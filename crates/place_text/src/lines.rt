// The lines of a result except those of its markers.
ghost use Rattle.std.specs.Prelude.{[], ◌∷◌};
ghost use Rattle.place_text.specs.Numerals.{decimal};
ghost use Rattle.place_text.specs.Text.{line, float_word, hypothesis_line, next_line, corners_line, refusal_line};
ghost use Rattle.place_text.specs.Writing.{Wrote};

use super::writer::Page;
use grid_alignment::GridAlignment;
use ranking::Hypothesis;
use refusal::Refusal;

impl<'a> Page<'a> {
    pub fn put_hypothesis(&mut self, first: &[u8], h: Hypothesis)
        ensures { Wrote (hypothesis_line first.now h) self.old self.new }
    {
        let a = h.alignment;
        let evidence = h.evidence;
        self.put_all(first);
        self.and_decimal(a.turn as u64);
        self.and_signed(a.tx);
        self.and_signed(a.ty);
        self.and_evidence(evidence);
        self.and_decimal(h.contributing_cells as u64);
        self.put(b'\n');
    }

    pub fn put_next(&mut self, runner_up: Option<Hypothesis>)
        ensures { Wrote (next_line runner_up) self.old self.new }
    {
        match runner_up {
            Some(h) => self.put_hypothesis(b"next", h),
            None => self.put_all(b"next absent\n"),
        }
    }

    pub fn put_corners(&mut self, a: GridAlignment)
        ensures { Wrote (corners_line a) self.old self.new }
    {
        self.put_all(b"corners");
        self.and_decimal(a.turn as u64);
        self.and_signed(a.tx);
        self.and_signed(a.ty);
        self.put(b'\n');
    }

    pub fn put_float(&mut self, first: &[u8], x: f32)
        ensures { Wrote (line first.now (float_word x ∷ [])) self.old self.new }
    {
        self.put_all(first);
        self.and_hex8(floats::to_bits(x));
        self.put(b'\n');
    }

    pub fn put_number(&mut self, first: &[u8], n: u64)
        ensures { Wrote (line first.now (decimal n ∷ [])) self.old self.new }
    {
        self.put_all(first);
        self.and_decimal(n);
        self.put(b'\n');
    }

    // Of all values of errors, only the margin of 16 is printed.
    pub fn put_refusal(&mut self, refusal: Refusal)
        ensures { Wrote (refusal_line refusal) self.old self.new }
    {
        let number = refusal.number();
        if number != 16 {
            self.put_number(b"refused", number as u64);
            return;
        }
        self.put_all(b"refused");
        self.and_decimal(number as u64);
        self.and_hex8(refusal.value(0));
        self.put(b'\n');
    }
}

.....

What to produce – The entire listing is to be printed once more, word for word.

Solution for this problem –
filename crates/place_text/src/lines.rt
// The lines of a result except those of its markers.
ghost use Rattle.std.specs.Prelude.{[], ◌∷◌};
ghost use Rattle.place_text.specs.Numerals.{decimal};
ghost use Rattle.place_text.specs.Text.{line, float_word, hypothesis_line, next_line, corners_line, refusal_line};
ghost use Rattle.place_text.specs.Writing.{Wrote};

use super::writer::Page;
use grid_alignment::GridAlignment;
use ranking::Hypothesis;
use refusal::Refusal;

impl<'a> Page<'a> {
    pub fn put_hypothesis(&mut self, first: &[u8], h: Hypothesis)
        ensures { Wrote (hypothesis_line first.now h) self.old self.new }
    {
        let a = h.alignment;
        let evidence = h.evidence;
        self.put_all(first);
        self.and_decimal(a.turn as u64);
        self.and_signed(a.tx);
        self.and_signed(a.ty);
        self.and_evidence(evidence);
        self.and_decimal(h.contributing_cells as u64);
        self.put(b'\n');
    }

    pub fn put_next(&mut self, runner_up: Option<Hypothesis>)
        ensures { Wrote (next_line runner_up) self.old self.new }
    {
        match runner_up {
            Some(h) => self.put_hypothesis(b"next", h),
            None => self.put_all(b"next absent\n"),
        }
    }

    pub fn put_corners(&mut self, a: GridAlignment)
        ensures { Wrote (corners_line a) self.old self.new }
    {
        self.put_all(b"corners");
        self.and_decimal(a.turn as u64);
        self.and_signed(a.tx);
        self.and_signed(a.ty);
        self.put(b'\n');
    }

    pub fn put_float(&mut self, first: &[u8], x: f32)
        ensures { Wrote (line first.now (float_word x ∷ [])) self.old self.new }
    {
        self.put_all(first);
        self.and_hex8(floats::to_bits(x));
        self.put(b'\n');
    }

    pub fn put_number(&mut self, first: &[u8], n: u64)
        ensures { Wrote (line first.now (decimal n ∷ [])) self.old self.new }
    {
        self.put_all(first);
        self.and_decimal(n);
        self.put(b'\n');
    }

    // Of all values of errors, only the margin of 16 is printed.
    pub fn put_refusal(&mut self, refusal: Refusal)
        ensures { Wrote (refusal_line refusal) self.old self.new }
    {
        let number = refusal.number();
        if number != 16 {
            self.put_number(b"refused", number as u64);
            return;
        }
        self.put_all(b"refused");
        self.and_decimal(number as u64);
        self.and_hex8(refusal.value(0));
        self.put(b'\n');
    }
}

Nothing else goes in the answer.